**RECORDS PROVIDED**.
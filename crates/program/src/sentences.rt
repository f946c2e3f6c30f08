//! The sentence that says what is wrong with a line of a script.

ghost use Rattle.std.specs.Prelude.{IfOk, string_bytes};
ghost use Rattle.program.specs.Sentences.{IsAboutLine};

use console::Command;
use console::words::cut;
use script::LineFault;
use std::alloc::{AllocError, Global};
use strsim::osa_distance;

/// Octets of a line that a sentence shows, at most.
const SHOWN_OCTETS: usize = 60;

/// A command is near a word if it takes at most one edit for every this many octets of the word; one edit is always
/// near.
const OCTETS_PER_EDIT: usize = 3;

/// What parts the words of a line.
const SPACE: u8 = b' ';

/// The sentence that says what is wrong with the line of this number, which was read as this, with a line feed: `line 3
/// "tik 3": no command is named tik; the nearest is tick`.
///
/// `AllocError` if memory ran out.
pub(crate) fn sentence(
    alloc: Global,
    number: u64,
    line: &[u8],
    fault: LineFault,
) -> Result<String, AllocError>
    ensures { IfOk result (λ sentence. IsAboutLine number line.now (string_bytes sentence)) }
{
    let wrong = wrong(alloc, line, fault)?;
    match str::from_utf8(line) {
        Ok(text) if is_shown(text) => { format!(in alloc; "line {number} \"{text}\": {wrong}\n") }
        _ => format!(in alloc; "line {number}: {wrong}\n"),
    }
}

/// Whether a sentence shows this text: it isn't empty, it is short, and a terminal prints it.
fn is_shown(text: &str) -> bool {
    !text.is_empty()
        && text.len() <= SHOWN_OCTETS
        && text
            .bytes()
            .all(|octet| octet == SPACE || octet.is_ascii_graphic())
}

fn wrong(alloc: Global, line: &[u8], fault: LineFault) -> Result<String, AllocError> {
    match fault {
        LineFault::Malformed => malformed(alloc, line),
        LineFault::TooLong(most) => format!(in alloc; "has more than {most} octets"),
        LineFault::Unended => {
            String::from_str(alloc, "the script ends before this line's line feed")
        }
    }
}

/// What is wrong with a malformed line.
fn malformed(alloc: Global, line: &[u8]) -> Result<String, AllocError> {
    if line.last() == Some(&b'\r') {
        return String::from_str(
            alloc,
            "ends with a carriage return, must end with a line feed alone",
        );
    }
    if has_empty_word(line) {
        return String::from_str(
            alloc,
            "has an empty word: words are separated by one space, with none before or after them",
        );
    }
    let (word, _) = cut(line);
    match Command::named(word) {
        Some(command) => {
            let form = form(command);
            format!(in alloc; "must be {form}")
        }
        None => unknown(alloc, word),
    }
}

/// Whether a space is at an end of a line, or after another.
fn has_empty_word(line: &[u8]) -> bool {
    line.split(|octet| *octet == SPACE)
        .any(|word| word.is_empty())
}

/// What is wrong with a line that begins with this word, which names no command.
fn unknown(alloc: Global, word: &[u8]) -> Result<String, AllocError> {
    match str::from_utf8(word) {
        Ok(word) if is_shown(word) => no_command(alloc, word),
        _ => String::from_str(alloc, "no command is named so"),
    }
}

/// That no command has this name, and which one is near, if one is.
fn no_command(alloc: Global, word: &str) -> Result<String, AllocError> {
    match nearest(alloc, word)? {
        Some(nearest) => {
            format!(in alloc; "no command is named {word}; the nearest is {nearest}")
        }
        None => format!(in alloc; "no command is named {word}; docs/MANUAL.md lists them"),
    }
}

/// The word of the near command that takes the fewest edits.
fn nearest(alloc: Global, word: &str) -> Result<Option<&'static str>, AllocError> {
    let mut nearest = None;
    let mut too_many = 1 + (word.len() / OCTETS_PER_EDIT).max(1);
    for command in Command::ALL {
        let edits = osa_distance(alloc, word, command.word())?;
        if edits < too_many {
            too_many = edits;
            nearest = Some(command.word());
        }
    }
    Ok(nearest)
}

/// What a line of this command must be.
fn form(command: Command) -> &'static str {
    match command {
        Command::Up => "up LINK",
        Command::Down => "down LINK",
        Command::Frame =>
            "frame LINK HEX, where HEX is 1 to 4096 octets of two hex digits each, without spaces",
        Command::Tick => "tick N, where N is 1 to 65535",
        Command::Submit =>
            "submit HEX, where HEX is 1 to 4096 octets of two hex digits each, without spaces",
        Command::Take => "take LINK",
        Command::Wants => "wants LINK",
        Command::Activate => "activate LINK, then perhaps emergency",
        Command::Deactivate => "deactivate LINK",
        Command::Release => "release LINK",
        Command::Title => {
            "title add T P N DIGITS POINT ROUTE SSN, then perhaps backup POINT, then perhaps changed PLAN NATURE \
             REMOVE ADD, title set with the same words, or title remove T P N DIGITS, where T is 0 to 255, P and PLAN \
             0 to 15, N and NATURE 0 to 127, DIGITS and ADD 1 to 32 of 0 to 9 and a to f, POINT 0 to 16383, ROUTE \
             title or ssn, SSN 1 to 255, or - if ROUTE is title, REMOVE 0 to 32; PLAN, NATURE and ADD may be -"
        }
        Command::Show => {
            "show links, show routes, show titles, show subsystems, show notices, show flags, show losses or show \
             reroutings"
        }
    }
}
...
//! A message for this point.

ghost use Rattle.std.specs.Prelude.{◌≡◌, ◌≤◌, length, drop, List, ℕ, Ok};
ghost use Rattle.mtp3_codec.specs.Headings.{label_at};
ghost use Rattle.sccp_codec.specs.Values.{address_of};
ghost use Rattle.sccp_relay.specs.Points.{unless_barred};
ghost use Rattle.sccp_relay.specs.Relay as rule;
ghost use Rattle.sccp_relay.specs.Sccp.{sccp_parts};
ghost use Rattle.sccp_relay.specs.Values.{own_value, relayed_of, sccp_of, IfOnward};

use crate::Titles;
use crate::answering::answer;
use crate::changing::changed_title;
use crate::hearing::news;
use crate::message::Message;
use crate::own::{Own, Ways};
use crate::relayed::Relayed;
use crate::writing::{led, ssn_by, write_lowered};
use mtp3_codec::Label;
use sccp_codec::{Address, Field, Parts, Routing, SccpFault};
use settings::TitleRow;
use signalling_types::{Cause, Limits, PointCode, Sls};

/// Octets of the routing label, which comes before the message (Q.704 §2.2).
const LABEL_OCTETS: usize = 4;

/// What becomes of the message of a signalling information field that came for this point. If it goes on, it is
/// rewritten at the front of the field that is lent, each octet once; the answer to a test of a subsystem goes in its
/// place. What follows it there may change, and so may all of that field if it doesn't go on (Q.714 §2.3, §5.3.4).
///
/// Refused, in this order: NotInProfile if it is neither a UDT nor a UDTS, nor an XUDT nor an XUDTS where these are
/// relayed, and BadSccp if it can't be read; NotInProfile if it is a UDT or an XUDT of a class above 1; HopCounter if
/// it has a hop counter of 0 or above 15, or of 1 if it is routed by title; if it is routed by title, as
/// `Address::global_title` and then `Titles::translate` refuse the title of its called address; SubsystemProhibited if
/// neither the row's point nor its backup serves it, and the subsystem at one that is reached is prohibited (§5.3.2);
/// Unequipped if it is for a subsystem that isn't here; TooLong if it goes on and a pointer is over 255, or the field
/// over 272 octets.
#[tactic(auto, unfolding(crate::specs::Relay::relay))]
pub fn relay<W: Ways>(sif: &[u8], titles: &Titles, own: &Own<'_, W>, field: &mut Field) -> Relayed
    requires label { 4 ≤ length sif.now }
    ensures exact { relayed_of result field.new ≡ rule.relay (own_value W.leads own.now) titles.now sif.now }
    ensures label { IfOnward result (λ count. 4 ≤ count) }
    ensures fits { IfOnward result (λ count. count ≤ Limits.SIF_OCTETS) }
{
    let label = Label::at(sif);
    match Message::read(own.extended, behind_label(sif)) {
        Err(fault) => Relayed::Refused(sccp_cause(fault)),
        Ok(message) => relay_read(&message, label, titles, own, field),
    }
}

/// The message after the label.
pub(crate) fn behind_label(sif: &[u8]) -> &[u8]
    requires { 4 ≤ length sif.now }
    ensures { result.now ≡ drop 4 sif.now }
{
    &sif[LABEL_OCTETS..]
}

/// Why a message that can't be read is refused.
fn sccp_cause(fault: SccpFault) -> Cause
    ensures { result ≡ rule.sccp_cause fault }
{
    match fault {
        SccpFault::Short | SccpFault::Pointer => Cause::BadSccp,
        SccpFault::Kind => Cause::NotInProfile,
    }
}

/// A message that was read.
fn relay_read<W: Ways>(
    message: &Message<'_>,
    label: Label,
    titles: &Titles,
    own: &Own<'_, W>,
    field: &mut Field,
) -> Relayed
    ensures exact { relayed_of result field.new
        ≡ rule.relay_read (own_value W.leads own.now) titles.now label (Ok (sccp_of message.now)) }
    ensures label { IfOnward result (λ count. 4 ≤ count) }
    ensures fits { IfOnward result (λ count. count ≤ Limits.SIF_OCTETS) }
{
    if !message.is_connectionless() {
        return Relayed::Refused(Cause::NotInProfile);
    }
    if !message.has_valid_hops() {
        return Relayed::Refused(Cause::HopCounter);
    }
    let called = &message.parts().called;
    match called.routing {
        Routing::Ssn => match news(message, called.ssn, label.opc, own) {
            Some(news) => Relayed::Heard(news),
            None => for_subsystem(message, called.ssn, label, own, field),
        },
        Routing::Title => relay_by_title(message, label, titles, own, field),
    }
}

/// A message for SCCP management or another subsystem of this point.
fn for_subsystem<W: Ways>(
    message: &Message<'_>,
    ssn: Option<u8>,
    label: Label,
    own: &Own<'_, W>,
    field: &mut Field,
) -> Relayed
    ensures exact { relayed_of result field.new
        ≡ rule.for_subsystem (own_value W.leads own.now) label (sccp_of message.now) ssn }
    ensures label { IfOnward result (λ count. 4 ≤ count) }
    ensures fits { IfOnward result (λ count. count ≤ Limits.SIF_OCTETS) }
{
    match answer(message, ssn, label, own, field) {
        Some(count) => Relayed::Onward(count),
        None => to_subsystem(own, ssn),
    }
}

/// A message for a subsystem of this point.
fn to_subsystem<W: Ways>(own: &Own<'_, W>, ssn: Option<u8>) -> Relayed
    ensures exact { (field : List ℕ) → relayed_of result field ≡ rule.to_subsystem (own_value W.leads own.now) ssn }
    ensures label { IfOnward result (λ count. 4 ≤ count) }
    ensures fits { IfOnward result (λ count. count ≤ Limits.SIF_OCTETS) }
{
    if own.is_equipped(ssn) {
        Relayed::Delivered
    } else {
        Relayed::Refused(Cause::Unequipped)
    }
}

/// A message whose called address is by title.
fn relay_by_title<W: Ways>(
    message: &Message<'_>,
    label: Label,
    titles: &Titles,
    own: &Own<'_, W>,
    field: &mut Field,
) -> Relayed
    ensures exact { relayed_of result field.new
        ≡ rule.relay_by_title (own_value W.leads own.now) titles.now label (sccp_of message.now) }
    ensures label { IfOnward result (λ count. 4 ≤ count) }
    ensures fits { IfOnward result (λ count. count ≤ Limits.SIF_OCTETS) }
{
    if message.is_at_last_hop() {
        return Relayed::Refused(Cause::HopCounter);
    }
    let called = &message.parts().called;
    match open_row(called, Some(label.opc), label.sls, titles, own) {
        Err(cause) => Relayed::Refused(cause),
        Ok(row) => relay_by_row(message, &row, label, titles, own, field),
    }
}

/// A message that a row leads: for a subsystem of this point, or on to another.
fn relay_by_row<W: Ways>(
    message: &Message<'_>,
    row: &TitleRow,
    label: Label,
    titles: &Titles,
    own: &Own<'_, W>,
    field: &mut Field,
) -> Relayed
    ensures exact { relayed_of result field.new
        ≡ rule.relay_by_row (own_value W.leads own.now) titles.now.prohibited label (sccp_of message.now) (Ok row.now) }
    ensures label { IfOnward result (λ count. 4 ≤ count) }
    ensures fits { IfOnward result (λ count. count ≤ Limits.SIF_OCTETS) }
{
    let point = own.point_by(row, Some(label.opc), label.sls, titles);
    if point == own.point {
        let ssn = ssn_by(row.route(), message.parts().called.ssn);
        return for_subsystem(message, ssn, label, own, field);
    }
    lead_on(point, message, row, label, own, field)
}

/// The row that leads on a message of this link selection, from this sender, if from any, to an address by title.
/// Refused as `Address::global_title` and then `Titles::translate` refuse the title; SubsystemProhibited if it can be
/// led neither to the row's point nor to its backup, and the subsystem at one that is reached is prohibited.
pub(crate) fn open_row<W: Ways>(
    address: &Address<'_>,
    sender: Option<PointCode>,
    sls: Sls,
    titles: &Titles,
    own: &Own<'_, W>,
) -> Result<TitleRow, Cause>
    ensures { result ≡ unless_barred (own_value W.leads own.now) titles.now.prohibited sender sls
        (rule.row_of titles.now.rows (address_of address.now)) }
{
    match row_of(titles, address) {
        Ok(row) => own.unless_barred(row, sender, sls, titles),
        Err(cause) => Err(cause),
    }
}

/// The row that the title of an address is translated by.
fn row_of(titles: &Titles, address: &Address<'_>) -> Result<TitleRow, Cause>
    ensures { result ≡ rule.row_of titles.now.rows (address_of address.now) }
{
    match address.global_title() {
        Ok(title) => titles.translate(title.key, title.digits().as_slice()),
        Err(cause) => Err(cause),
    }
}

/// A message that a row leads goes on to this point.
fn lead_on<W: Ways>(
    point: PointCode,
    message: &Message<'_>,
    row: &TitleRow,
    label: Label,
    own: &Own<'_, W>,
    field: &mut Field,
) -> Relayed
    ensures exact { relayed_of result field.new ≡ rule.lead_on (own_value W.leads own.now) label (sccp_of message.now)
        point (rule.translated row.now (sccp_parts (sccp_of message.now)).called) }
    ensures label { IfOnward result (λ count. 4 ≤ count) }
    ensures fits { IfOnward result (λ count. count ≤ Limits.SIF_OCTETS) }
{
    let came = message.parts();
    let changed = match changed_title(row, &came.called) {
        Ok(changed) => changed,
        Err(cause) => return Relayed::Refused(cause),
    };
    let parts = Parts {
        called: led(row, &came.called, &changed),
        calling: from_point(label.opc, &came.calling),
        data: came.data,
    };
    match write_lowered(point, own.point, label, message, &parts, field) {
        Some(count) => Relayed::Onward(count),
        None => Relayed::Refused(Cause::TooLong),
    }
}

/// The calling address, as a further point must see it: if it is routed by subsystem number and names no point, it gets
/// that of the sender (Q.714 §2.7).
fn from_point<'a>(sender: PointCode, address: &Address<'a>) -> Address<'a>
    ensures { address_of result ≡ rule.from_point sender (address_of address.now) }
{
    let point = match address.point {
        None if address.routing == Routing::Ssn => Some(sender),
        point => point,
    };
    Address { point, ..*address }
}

**ACTIVITY**. From the listing above, output exactly the run of lines that starts with the line containing "let edits = osa_distance(alloc, word, command.word())?;" and ends with the line containing "Command::Frame =>".

**TASK OUTPUT**.
        let edits = osa_distance(alloc, word, command.word())?;
        if edits < too_many {
            too_many = edits;
            nearest = Some(command.word());
        }
    }
    Ok(nearest)
}

/// What a line of this command must be.
fn form(command: Command) -> &'static str {
    match command {
        Command::Up => "up LINK",
        Command::Down => "down LINK",
        Command::Frame =>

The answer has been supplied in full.